NPF-63. - Technical Specifications, Shearon Harris Nuclear Power Plant, Unit No. 1,Docket No.

50-400, Appendix "A" to License No. NPF-63. All 404 pages of the bases document were visually scanned with special attention paid to Sections 2.1.2, 2.2.1, 3/4.4.3, and 3/4.4.4 regarding the changes that the licensee has proposed in the Enclosure 4 of the Harris LAR, SERIAL HNP-15-038, ENCLOSURE 4, PROPOSED TECHNICAL SPECIFICATION BASES CHANGESSHEARON HARRIS NUCLEAR POWER PLANT, UNIT 1 DOCKET NO. 50-400.

DUKE DOCUMENT - This document includes the Shearon Harris Nuclear Power Plant FSAR Reviewed Section 15.2.3, Pages 15.2.3-1 through 15.2.3-9 for inputs and assumptions especially the itemized parameters in Table 15.2.3-1 (Page 15.2.3-5), Table 15.2.3-2 (Page 15.2.3-6), Table 15.2.3-3 (Page 15.2.3-7), and Table 15.2.3-4 (Page 15.2.3-8). The results reported in Table 15.2.3-5 (Page 15.2.3-8), Table 15.2.3-6 (Page 15.2.3-9) were reviewed for trend and absolute values. Although FSAR Section 15.2.3 is for +/-1 tolerance of MSSVs, most of the input data and assumption are generic in nature. These set of input and assumptions were checked against the RETRAN-3D analysis for consistency.
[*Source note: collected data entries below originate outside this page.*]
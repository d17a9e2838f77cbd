use crate::status::Status;
use crate::tests::{LISTING, NEVER, SEVEN, USAGE, expect, left_by};
use std::test::Fail;

// Which words are a command.
#[test]
fn words_are_a_command_or_usage(rt: HostRuntime) -> Result<(), Fail> {
    let alloc = rt.alloc();
    let usage = (Status::Usage, "", USAGE);
    let rows: [(&[&str], (Status, &str, &str)); 12] = [
        (&["check", "f.c"], (Status::Accepted, LISTING, "")),
        (
            &["check", "g.c"],
            (Status::ReadFault, "", "read fault g.c\n"),
        ),
        (&["check", ""], (Status::ReadFault, "", "read fault \n")),
        (&[], usage),
        (&["check"], usage),
        (&["check", "a", "b"], usage),
        (&["check", "f.c", "f.c"], usage),
        (&["check", "-"], usage),
        (&["check", "--brief"], usage),
        (&["check", "-f.c"], usage),
        (&["Check", "f.c"], usage),
        (&["verify", "f.c"], usage),
    ];
    for (words, want) in rows {
        expect(&rt, alloc, words, SEVEN.as_bytes(), want)?;
    }
    Ok(())
}

// The file has 57 bytes and the listing 44, at most 16 a call: call 0 opens, calls 1 to 4 read, and call
// 5 finds the end; and the listing is written in three calls.
#[test]
fn each_call_fails_in_turn(rt: HostRuntime) -> Result<(), Fail> {
    let alloc = rt.alloc();
    for call in 0..8 {
        let left = left_by(
            alloc,
            &["check", "f.c"],
            SEVEN.as_bytes(),
            call,
            NEVER,
            NEVER,
        )?;
        let (status, out, err) = if call < 6 {
            (Status::ReadFault, "", "read fault f.c\n")
        } else {
            (Status::Accepted, LISTING, "")
        };
        assert!(rt; left.status == status, "read {call}");
        // Nothing is called behind the first failure.
        assert!(rt; left.calls == (call + 1).min(6), "read {call}");
        assert!(rt; left.out.bytes.as_slice() == out.as_bytes(), "read {call}");
        assert!(rt; left.err.bytes.as_slice() == err.as_bytes(), "read {call}");
    }
    for (call, written) in [(0, 0), (1, 16), (2, 32)] {
        let left = left_by(
            alloc,
            &["check", "f.c"],
            SEVEN.as_bytes(),
            NEVER,
            call,
            NEVER,
        )?;
        assert!(rt; left.status == Status::WriteFault, "write {call}");
        assert!(rt;
            Some(left.out.bytes.as_slice()) == LISTING.as_bytes().get(..written),
            "write {call}"
        );
        assert!(rt;
            left.err.bytes.as_slice() == b"write fault\n".as_slice(),
            "write {call}"
        );
    }
    // A failing standard error changes no status.
    let left = left_by(alloc, &["check"], SEVEN.as_bytes(), NEVER, NEVER, 1)?;
    assert!(rt; left.status == Status::Usage);
    // No file is asked for where the words are no command.
    assert!(rt; left.calls == 0);
    assert!(rt; Some(left.err.bytes.as_slice()) == USAGE.as_bytes().get(..16));
    Ok(())
}
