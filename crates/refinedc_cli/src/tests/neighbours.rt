use crate::status::Status;
use crate::tests::{expect, expect_fault, expect_faults};
use rc_text::NoMemory;
use std::alloc::Global;
use std::test::Fail;

// One byte or word away from the form: read to a tree, and not yet checked.
#[test]
fn other_files_are_not_yet_checked(rt: HostRuntime) -> Result<(), Fail> {
    let rows: &[&[u8]] = &[
        b"",
        b" \n\t",
        b"// nothing\n",
        b"#define N 07\n[[rc::returns(\"7 @ int<i32>\")]] int f(void) { return N; }",
        b"[[rc::returns(\"7 @ int<i32>\")]] int f(void) { return '\\n'; }",
        b"int f(void) { return 7; }",
        b"[[rc::returns(\"07 @ int<i32>\")]] int f(void) { return 7; }",
        b"[[rc::returns(\"7 @ int<i32>\")]] int f(void) { return 07; }",
        b"[[rc::returns(\"7 @ int<i32>\")]] int f(void) { return 00; }",
        b"[[rc::returns(\"7 @ int<i32>\")]] int f(void) { return 2147483648; }",
        b"[[rc::returns(\"2147483648 @ int<i32>\")]] int f(void) { return 7; }",
        b"[[rc::returns(\"7 @ int<i32>\")]] int f(void) { return -7; }",
        b"[[rc::returns(\"-7 @ int<i32>\")]] int f(void) { return 7; }",
        b"[[rc::returns(\"7 @ int<i32>\")]] int f(void) { return 7u; }",
        b"[[rc::returns(\"7 @ int<i32>\")]] int f(void) { return 0x7; }",
        b"[[rc::returns(\"7  @ int<i32>\")]] int f(void) { return 7; }",
        b"[[rc::returns(\" 7 @ int<i32>\")]] int f(void) { return 7; }",
        b"[[rc::returns(\"7 @ int<i32> \")]] int f(void) { return 7; }",
        b"[[rc::returns(\"7@int<i32>\")]] int f(void) { return 7; }",
        b"[[rc::returns(\"7 @ int<u32>\")]] int f(void) { return 7; }",
        b"[[rc::returns(\"\")]] int f(void) { return 7; }",
        b"[[rc::args(\"7 @ int<i32>\")]] int f(void) { return 7; }",
        b"[[rd::returns(\"7 @ int<i32>\")]] int f(void) { return 7; }",
        b"[[rc::returns(\"7 @ int<i32>\")]] int f(void) { return7; }",
        b"[[rc::returns(\"7 @ int<i32>\")]] int f(void) { return 7l; }",
    ];
    for content in rows {
        expect_fault(&rt, rt.alloc(), content, "1:1: NotYet")?;
    }
    Ok(())
}

// One byte or word away from the form, and no file of the grammar.
#[test]
fn other_files_have_syntax_faults(rt: HostRuntime) -> Result<(), Fail> {
    let rows: &[(&[u8], &str)] = &[
        (
            b"#define f 7\n[[rc::returns(\"7 @ int<i32>\")]] int f(void) { return 7; }",
            "2:37: Syntax",
        ),
        (
            b"[[rc::return(\"7 @ int<i32>\")]] int f(void) { return 7; }",
            "1:7: Syntax",
        ),
        (
            b"[[rc::returns(\"7 @ int<i32>\")]] int int(void) { return 7; }",
            "1:37: Syntax",
        ),
        (
            b"[[rc::returns(\"7 @ int<i32>\")]] int asm(void) { return 7; }",
            "1:37: Refused asm",
        ),
        (
            b"[[rc::returns(\"7 @ int<i32>\")]] intf(void) { return 7; }",
            "1:33: Syntax",
        ),
        (
            b"[[rc::returns(\"7 @ int<i32>\")]] int f(void) { return 7; } ;",
            "1:59: Syntax",
        ),
        (
            b"[[rc::returns(\"7 @ int<i32>\")]] int f(void) { return 7.0; }",
            "1:54: Refused floating constant",
        ),
    ];
    expect_faults(&rt, rt.alloc(), rows)
}

/// The form's tokens. Beside each stands the fault of the file in which it is missing, in which it is doubled, and in
/// which its first byte is cut off, with a blank behind each token.
const CHANGED: &[(&str, &str, &str, &str)] = &[
    ("[", "1:3: Syntax", "1:5: Syntax", "1:4: Syntax"),
    ("[", "1:3: Syntax", "1:5: Syntax", "1:4: Syntax"),
    ("rc", "1:5: Syntax", "1:8: Syntax", "1:1: NotYet"),
    ("::", "1:8: Syntax", "1:11: Syntax", "1:8: Syntax"),
    ("returns", "1:11: Syntax", "1:19: Syntax", "1:1: NotYet"),
    ("(", "1:19: Syntax", "1:21: Syntax", "1:20: Syntax"),
    (
        "\"8 @ int<i32>\"",
        "1:1: NotYet",
        "1:36: Syntax",
        "1:23: BadByte",
    ),
    (")", "1:36: Syntax", "1:38: Syntax", "1:37: Syntax"),
    ("]", "1:40: Syntax", "1:42: Syntax", "1:41: Syntax"),
    ("]", "1:40: Syntax", "1:42: Syntax", "1:41: Syntax"),
    ("int", "1:42: Syntax", "1:46: Syntax", "1:42: Syntax"),
    ("f", "1:46: Syntax", "1:48: Syntax", "1:47: Syntax"),
    ("(", "1:48: Syntax", "1:50: Syntax", "1:49: Syntax"),
    ("void", "1:50: Syntax", "1:55: Syntax", "1:50: Syntax"),
    (")", "1:55: Syntax", "1:57: Syntax", "1:56: Syntax"),
    ("{", "1:57: Syntax", "1:74: Syntax", "1:58: Syntax"),
    ("return", "1:1: NotYet", "1:66: Syntax", "1:65: Syntax"),
    ("7", "1:1: NotYet", "1:68: Syntax", "1:1: NotYet"),
    (";", "1:68: Syntax", "1:1: NotYet", "1:69: Syntax"),
    ("}", "1:70: Syntax", "1:72: Syntax", "1:71: Syntax"),
];

#[derive(Clone, Copy, Debug, PartialEq, Eq)]
enum Change {
    None,
    Missing,
    Doubled,
    Cut,
}

/// The form's tokens, of which one is changed, with one blank or line feed behind each.
fn changed(alloc: Global, at: usize, change: Change, seam: u8) -> Result<Vec<u8>, NoMemory> {
    let mut content = Vec::new(alloc);
    for (index, (token, ..)) in CHANGED.iter().enumerate() {
        let bytes = token.as_bytes();
        if index == at && change == Change::Missing {
            continue;
        }
        let cut = usize::from(index == at && change == Change::Cut);
        content.extend_from_slice(bytes.get(cut..).unwrap_or(&[]))?;
        content.push(seam)?;
        if index == at && change == Change::Doubled {
            content.extend_from_slice(bytes)?;
            content.push(seam)?;
        }
    }
    Ok(content)
}

#[test]
fn every_token_counts(rt: HostRuntime) -> Result<(), Fail> {
    let alloc = rt.alloc();
    for (at, (_token, missing, doubled, cut)) in CHANGED.iter().enumerate() {
        for (change, fault) in [
            (Change::Missing, missing),
            (Change::Doubled, doubled),
            (Change::Cut, cut),
        ] {
            let content = changed(alloc, at, change, b' ')?;
            expect_fault(&rt, alloc, content.as_slice(), fault)?;
        }
    }
    Ok(())
}

// Before `return` stand 42 bytes of tokens, and a seam behind each of the 16 tokens.
#[test]
fn no_blank_counts(rt: HostRuntime) -> Result<(), Fail> {
    let alloc = rt.alloc();
    for (seam, out) in [
        (b' ', "refused f.c:1:59: unsolved 7 = 8\n"),
        (b'\t', "refused f.c:1:59: unsolved 7 = 8\n"),
        (b'\n', "refused f.c:17:1: unsolved 7 = 8\n"),
    ] {
        let content = changed(alloc, 0, Change::None, seam)?;
        let want = (Status::Refused, out, "");
        expect(&rt, alloc, &["check", "f.c"], content.as_slice(), want)?;
    }
    Ok(())
}
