use crate::status::Status;
use crate::tests::{LISTING, expect};
use rc_text::NoMemory;
use std::alloc::Global;
use std::test::Fail;

/// The form's tokens: the function returns 7, as it is declared to.
const TOKENS: [&[u8]; 20] = [
    b"[",
    b"[",
    b"rc",
    b"::",
    b"returns",
    b"(",
    b"\"7 @ int<i32>\"",
    b")",
    b"]",
    b"]",
    b"int",
    b"f",
    b"(",
    b"void",
    b")",
    b"{",
    b"return",
    b"7",
    b";",
    b"}",
];

/// Where the declared value stands among them.
const DECLARED: usize = 6;

/// Another declared value.
const EIGHT: &[u8] = b"\"8 @ int<i32>\"";

/// The tokens with a blank before each, and at one of the seams, or at all of them, a comment: the seams are before
/// each token and at the end.
fn commented(
    alloc: Global,
    declared: &[u8],
    comment: &[u8],
    seam: Option<usize>,
) -> Result<Vec<u8>, NoMemory> {
    let mut content = Vec::new(alloc);
    for (index, token) in TOKENS.iter().enumerate() {
        content.push(b' ')?;
        if seam.is_none() || seam == Some(index) {
            content.extend_from_slice(comment)?;
        }
        let piece = if index == DECLARED { declared } else { *token };
        content.extend_from_slice(piece)?;
    }
    if seam.is_none() || seam == Some(TOKENS.len()) {
        content.extend_from_slice(comment)?;
    }
    Ok(content)
}

// The 16 tokens before `return` have 42 bytes, and with the blanks it stands in column 60, behind a comment of 5 bytes
// in column 65.
#[test]
fn a_comment_may_stand_between_any_two_tokens(rt: HostRuntime) -> Result<(), Fail> {
    let alloc = rt.alloc();
    let accepted = (Status::Accepted, LISTING, "");
    for seam in 0..21 {
        let content = commented(alloc, TOKENS[DECLARED], b"/*;*/", Some(seam))?;
        expect(&rt, alloc, &["check", "f.c"], content.as_slice(), accepted)?;
        let content = commented(alloc, EIGHT, b"/*;*/", Some(seam))?;
        let out = if seam <= 16 {
            "refused f.c:1:65: unsolved 7 = 8\n"
        } else {
            "refused f.c:1:60: unsolved 7 = 8\n"
        };
        let refused = (Status::Refused, out, "");
        expect(&rt, alloc, &["check", "f.c"], content.as_slice(), refused)?;
    }
    Ok(())
}

#[test]
fn comments_may_stand_between_all_tokens(rt: HostRuntime) -> Result<(), Fail> {
    let alloc = rt.alloc();
    let accepted = (Status::Accepted, LISTING, "");
    // Behind 17 comments, a blank and a comment of 5 bytes each, stand 42 bytes of tokens; or 17 lines end.
    let rows: [(&[u8], &str); 3] = [
        (b"/*;*/", "refused f.c:1:145: unsolved 7 = 8\n"),
        (b"// }\n", "refused f.c:18:1: unsolved 7 = 8\n"),
        (b"/*\n*/", "refused f.c:18:3: unsolved 7 = 8\n"),
    ];
    for (comment, out) in rows {
        let content = commented(alloc, TOKENS[DECLARED], comment, None)?;
        expect(&rt, alloc, &["check", "f.c"], content.as_slice(), accepted)?;
        let content = commented(alloc, EIGHT, comment, None)?;
        let refused = (Status::Refused, out, "");
        expect(&rt, alloc, &["check", "f.c"], content.as_slice(), refused)?;
    }
    Ok(())
}

// A line that only looks like an attribute changes the places alone.
#[test]
fn a_plain_comment_line_changes_only_the_places(rt: HostRuntime) -> Result<(), Fail> {
    let alloc = rt.alloc();
    let rows: [(&[u8], (Status, &str, &str)); 2] = [
        (
            b"//@rc::import x\n[[rc::returns(\"7 @ int<i32>\")]] int f(void) { return 7; }",
            (Status::Accepted, LISTING, ""),
        ),
        (
            b"//@rc::import x\n[[rc::returns(\"8 @ int<i32>\")]] int f(void) { return 7; }",
            (Status::Refused, "refused f.c:2:47: unsolved 7 = 8\n", ""),
        ),
    ];
    for (content, want) in rows {
        expect(&rt, alloc, &["check", "f.c"], content, want)?;
    }
    Ok(())
}
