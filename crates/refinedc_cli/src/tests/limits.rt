use crate::status::Status;
use crate::tests::{LISTING, SEVEN, expect, expect_fault};
use rc_text::NoMemory;
use std::alloc::Global;
use std::test::Fail;

const DEEP: (Status, &str, &str) = (Status::Limit, "", "limit depth 200\n");

const MANY: (Status, &str, &str) = (Status::Limit, "", "limit tokens 200000\n");

// Blanks fill a file up to the limit, and one byte more passes it.
#[test]
fn a_file_has_at_most_1048576_bytes(rt: HostRuntime) -> Result<(), Fail> {
    let alloc = rt.alloc();
    for (length, want) in [
        (1048576, (Status::Accepted, LISTING, "")),
        (1048577, (Status::Limit, "", "limit file bytes 1048576\n")),
    ] {
        let mut content = SEVEN.as_bytes().to_vec(alloc)?;
        content.resize(length, b'\n')?;
        expect(&rt, alloc, &["check", "f.c"], content.as_slice(), want)?;
    }
    Ok(())
}

/// A function of so many empty statements: each is one token, and seven more stand around them.
fn statements(alloc: Global, count: usize) -> Result<Vec<u8>, NoMemory> {
    let mut content = b"void f(void) {".to_vec(alloc)?;
    for _one in 0..count {
        content.push(b';')?;
    }
    content.push(b'}')?;
    Ok(content)
}

#[test]
fn a_file_has_at_most_200000_tokens(rt: HostRuntime) -> Result<(), Fail> {
    let alloc = rt.alloc();
    let most = statements(alloc, 199993)?;
    expect_fault(&rt, alloc, most.as_slice(), "1:1: NotYet")?;
    let more = statements(alloc, 199994)?;
    expect(&rt, alloc, &["check", "f.c"], more.as_slice(), MANY)?;
    Ok(())
}

// A lexical fault comes before the limit on tokens, and that before each fault of the grammar.
#[test]
fn the_limit_on_tokens_comes_between_the_faults(rt: HostRuntime) -> Result<(), Fail> {
    let alloc = rt.alloc();
    let mut content = Vec::new(alloc);
    content.resize(200001, b'{')?;
    expect(&rt, alloc, &["check", "f.c"], content.as_slice(), MANY)?;
    content.push(b'@')?;
    expect_fault(&rt, alloc, content.as_slice(), "1:200002: BadByte")?;
    Ok(())
}

/// The text with so many times a piece in front of its middle, and as many times another behind it.
fn nested(
    alloc: Global,
    parts: (&[u8], &[u8], &[u8], &[u8], &[u8]),
    count: usize,
) -> Result<Vec<u8>, NoMemory> {
    let (front, open, middle, close, back) = parts;
    let mut content = front.to_vec(alloc)?;
    for _one in 0..count {
        content.extend_from_slice(open)?;
    }
    content.extend_from_slice(middle)?;
    for _one in 0..count {
        content.extend_from_slice(close)?;
    }
    content.extend_from_slice(back)?;
    Ok(content)
}

// A function's body is one node, its statements are the second, and expressions and types in them come from the third
// on.
#[test]
fn a_file_is_at_most_200_deep(rt: HostRuntime) -> Result<(), Fail> {
    let alloc = rt.alloc();
    let rows: [((&[u8], &[u8], &[u8], &[u8], &[u8]), u8); 4] = [
        ((b"void f(void) {", b"{", b"", b"}", b"}"), 199),
        ((b"int f(void) { return ", b"(", b"7", b")", b"; }"), 197),
        ((b"int f(void) { return ", b"- ", b"7", b"", b"; }"), 197),
        ((b"typedef int ", b"*", b"t", b"", b";"), 199),
    ];
    for (parts, most) in rows {
        let most = usize::from(most);
        let content = nested(alloc, parts, most)?;
        expect_fault(&rt, alloc, content.as_slice(), "1:1: NotYet")?;
        let content = nested(alloc, parts, most + 1)?;
        expect(&rt, alloc, &["check", "f.c"], content.as_slice(), DEEP)?;
    }
    Ok(())
}

// Of two things in a file, the depth and a fault of the grammar, the one that comes first in it is told.
#[test]
fn depth_is_passed_where_the_file_gets_too_deep(rt: HostRuntime) -> Result<(), Fail> {
    let alloc = rt.alloc();
    let deep: (&[u8], &[u8], &[u8], &[u8], &[u8]) = (b"void f(void) {", b"{", b"", b"}", b"} int;");
    let content = nested(alloc, deep, 200)?;
    expect(&rt, alloc, &["check", "f.c"], content.as_slice(), DEEP)?;
    let late: (&[u8], &[u8], &[u8], &[u8], &[u8]) = (b"int; void f(void) {", b"{", b"", b"}", b"}");
    let content = nested(alloc, late, 200)?;
    expect_fault(&rt, alloc, content.as_slice(), "1:4: Syntax")?;
    Ok(())
}
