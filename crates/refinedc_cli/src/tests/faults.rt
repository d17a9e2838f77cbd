use crate::tests::expect_faults;
use std::test::Fail;

// The first place at which no token begins.
#[test]
fn a_lexical_fault_is_named(rt: HostRuntime) -> Result<(), Fail> {
    let rows: &[(&[u8], &str)] = &[
        (b"\0", "1:1: BadByte"),
        (b"\xff", "1:1: BadByte"),
        (
            b"[[rc::returns(\"7 @ int<i32>\")]] int f(void) { return 7; }\0",
            "1:58: BadByte",
        ),
        (
            b"[[rc::returns(\"7 @ int<i32>\")]] int f(void) { return \xff7; }",
            "1:54: BadByte",
        ),
        (
            b"[[rc::returns(\"7 @ int<i32>\n\")]] int f(void) { return 7; }",
            "1:15: OpenString",
        ),
        (
            b"[[rc::returns(\"7 @ int<i32>\")]] int f(void) { return 08; }",
            "1:54: BadNumber",
        ),
        (
            b"[[rc::returns(\"7 @ int<i32>\")]] int f(void) { return 7x; }",
            "1:54: BadNumber",
        ),
        (
            b"[[rc::returns(\"7 @ int<i32>\")]] int f(void) { return 'ab'; }",
            "1:54: BadNumber",
        ),
        (
            b"[[rc::returns(\"7 @ int<i32>\")]] int f(void) { return 7; } /*/",
            "1:59: OpenComment",
        ),
        (
            b"[[rc::returns(\"7 @ int<i32>\")]]\n\tint f(void) { return 7; } /* open\n",
            "2:28: OpenComment",
        ),
        (b"\n#if 1\n#endif\n", "2:1: Directive if"),
        (b"int x;\n # pragma once\n", "2:2: Directive pragma"),
        (b"#\n", "1:1: Directive"),
        (b"#include \"x.h\"\n", "1:1: Directive include"),
    ];
    expect_faults(&rt, rt.alloc(), rows)
}

// Each kind of fault once; the last two are the grammar's.
#[test]
fn each_kind_has_its_text(rt: HostRuntime) -> Result<(), Fail> {
    let rows: &[(&[u8], &str)] = &[
        (b"int f(void) { return 7 @ 7; }", "1:24: BadByte"),
        (b"int f(void);\n/* not ended", "2:1: OpenComment"),
        (b"[[rc::returns(\"7)]]\nint f(void);", "1:15: OpenString"),
        (b"int f(void) { return 0x; }", "1:22: BadNumber"),
        (b"#if 1", "1:1: Directive if"),
        (b"int f(void) { return 7 }", "1:24: Syntax"),
        (
            b"[[rc::requires(\"{true}\")]] void f(void) { goto x; }",
            "1:43: Refused goto",
        ),
    ];
    expect_faults(&rt, rt.alloc(), rows)
}

// Each form that is left out by name.
#[test]
fn left_out_forms_are_named(rt: HostRuntime) -> Result<(), Fail> {
    let rows: &[(&[u8], &str)] = &[
        (b"double d;", "1:1: Refused double"),
        (b"float f(void);", "1:1: Refused float"),
        (b"int f(void) { volatile int x; }", "1:15: Refused volatile"),
        (b"_Complex f(void);", "1:1: Refused _Complex"),
        (
            b"int f(void) { return _Generic(1, int: 2); }",
            "1:22: Refused _Generic",
        ),
        (b"_Thread_local int x;", "1:1: Refused _Thread_local"),
        (b"int f(void) {\n  asm(\"nop\"); }", "2:3: Refused asm"),
        (b"int (*f)(void);", "1:5: Refused function pointer"),
        (
            b"int f(void) { int x = { 1 }; }",
            "1:23: Refused brace initialiser",
        ),
        (b"struct s { int a : 3; };", "1:18: Refused bit field"),
        (b"int f(int a, ...);", "1:14: Refused variadic"),
        (
            b"int f(void) { return \"x\"; }",
            "1:22: Refused string literal",
        ),
        (
            b"int f(void) { return 1.5; }",
            "1:22: Refused floating constant",
        ),
        (b"int x;", "1:6: Refused file object"),
        (b"int x = 1;", "1:7: Refused file object"),
        (b"int x, y;", "1:6: Refused file object"),
        (b"int x[2];", "1:6: Refused file object"),
        (
            b"int f(void) { static int x; }",
            "1:15: Refused file object",
        ),
        (
            b"int f(void) { extern int x; }",
            "1:15: Refused file object",
        ),
    ];
    expect_faults(&rt, rt.alloc(), rows)
}

// A lexical fault comes before each fault of the grammar, wherever the two stand.
#[test]
fn the_lexical_fault_comes_first(rt: HostRuntime) -> Result<(), Fail> {
    let rows: &[(&[u8], &str)] = &[
        (b"int;\nint f(void) { return @; }", "2:22: BadByte"),
        (b"double d;\n/* not ended", "2:1: OpenComment"),
        (b"goto x;\n#if 1\n", "2:1: Directive if"),
        (b"@ double d;", "1:1: BadByte"),
    ];
    expect_faults(&rt, rt.alloc(), rows)
}

// The end of the file is the place behind its last byte.
#[test]
fn a_file_that_is_cut_off_has_its_fault_at_the_end(rt: HostRuntime) -> Result<(), Fail> {
    let rows: &[(&[u8], &str)] = &[
        (b"int f(void) { return 7;", "1:24: Syntax"),
        (b"int f(void) {\n", "2:1: Syntax"),
        (b"int f(void) { // {\n /* } */ ", "2:10: Syntax"),
    ];
    expect_faults(&rt, rt.alloc(), rows)
}
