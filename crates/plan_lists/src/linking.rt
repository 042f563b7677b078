// The rows linked, from the last to the first, the first row of a slot and the next row of a row.
ghost use Rattle.std.specs.Prelude.{◌≡◌, ◌*◌, ◌≤◌, ◌<◌, length, get_or, set};
ghost use Rattle.plan.specs.Tables.{words, span_at};
ghost use Rattle.plan.specs.Verdict.{Verdict};
ghost use Rattle.plan_lists.specs.Lists.{Linked, pair_slot, slot_at, InOrder};
ghost use Rattle.plan_lists.specs.Model.{slots, IsPair, Linkable};

use plan::{Span, span_row};

// How many slots there are. Pairs of nodes share them: of the nodes 1 to 21 each pair has one of its own.
pub const SLOTS: usize = 512;

// The most rows that are linked.
pub const MOST_ROWS: usize = 512;

// A word for lists that are not made yet. Its bytes are not all the same, so that an array of it is filled
// word by word and not byte by byte.
pub const BLANK: u16 = 1;

// The slot of the pair of nodes.
fn slot_of(s: Span) -> usize
    requires { IsPair s }
    ensures { (result ≡ pair_slot s) × (result < slots) }
{
    ((s.one.0 - 1) * 24 + (s.other.0 - 1)) as usize % SLOTS
}

// Whether the row ends no later than row `next` starts; the last one of its slot does.
fn is_followed(table: &[u64], n: usize, row: Span, next: usize) -> bool
    requires { n * words ≤ length table.now }
    ensures { Verdict (next < n → row.end.0 ≤ (span_at table.now next).start.0) result }
{
    if n <= next {
        return true;
    }
    row.end <= span_row(table, next).start
}

// Row i becomes the first of its slot, or of its node, and the one that was stands behind it. Answers
// that one.
pub fn enter(heads: &mut [u16], nexts: &mut [u16], slot: usize, i: usize) -> usize
    requires { (slot < length heads.old) × (i < length nexts.old) × (i < 65_536) }
    ensures { (result ≡ get_or heads.old slot 0) × (heads.new ≡ set heads.old slot i) × (nexts.new ≡ set nexts.old i result) }
{
    let next = heads[slot];
    nexts[i] = next;
    heads[slot] = i as u16;
    usize::from(next)
}

// Links the first n rows of a table: `heads` has the first row of each slot, and `nexts` for each row
// the next one of its slot, with n where there is none. Answers whether each row ends no later than the
// next one of its slot starts: a second thing found on the way, which is neither an error nor none.
pub fn link(table: &[u64], n: usize, heads: &mut [u16], nexts: &mut [u16]) -> bool
    requires { Linkable table.now n heads.old nexts.old }
    ensures { Linked (slot_at table.now) n heads.new nexts.new × (length heads.new ≡ length heads.old) × (length nexts.new ≡ length nexts.old) × Verdict (InOrder table.now n nexts.new) result }
{
    heads.fill(n as u16);
    let mut ordered = true;
    for i in (0..n).rev() {
        let row = span_row(table, i);
        let next = enter(heads, nexts, slot_of(row), i);
        // As `ordered &=` it would take three instructions more a row.
        if !is_followed(table, n, row, next) {
            ordered = false;
        }
    }
    ordered
}

// The first row of the slot of the pair of nodes.
pub fn head_of(heads: &[u16], s: Span) -> usize
    requires { IsPair s × (length heads.now ≡ slots) }
    ensures { result ≡ get_or heads.now (pair_slot s) 0 }
{
    usize::from(heads[slot_of(s)])
}

// The row behind row i in its list.
pub fn next_of(nexts: &[u16], i: usize) -> usize
    requires { i < length nexts.now }
    ensures { result ≡ get_or nexts.now i 0 }
{
    usize::from(nexts[i])
}
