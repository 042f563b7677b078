// The rows of a table in lists, one for each slot, which pairs of nodes share: the first row of the slot,
// and behind each row the next one of its slot. Which slot a pair has is known here alone. Contacts also
// by the node that they are from. Lists are numbers of rows in lent words, since there is no heap.

#![tactic(auto)]

mod leaving;
mod linking;

pub use leaving::{first_from, link_from};
pub use linking::{BLANK, MOST_ROWS, SLOTS, head_of, link, next_of};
DUKE DOCUMENT - This document includes the licensees analysis of HNP Turbine Trip event, Harris FSAR Section 15.2.3 Turbine Trip and Safety Valve Setpoint Tolerance Analyses, DPC-1552.08-00-0296, Dated September 2015. The inputs and assumptions of Tables 10 (page 42)

Table 11 (page 44), and Table 13 (page 45) were reviewed for adequacy of degree of conservatism.

DUKE DOCUMENT - SERIAL HNP-15-038, ATTACHMENT C, Harris Turbine Trip Methodology Qualification, SHEARON HARRIS NUCLEAR POWER PLANT, UNIT 1, DOCKET NO. 50-400, RENEWED LICENSE NUMBER NPF-63 The staff discussions during the audit resulted in a set of RAIs (ML16091A006) that were issued in March of 2016.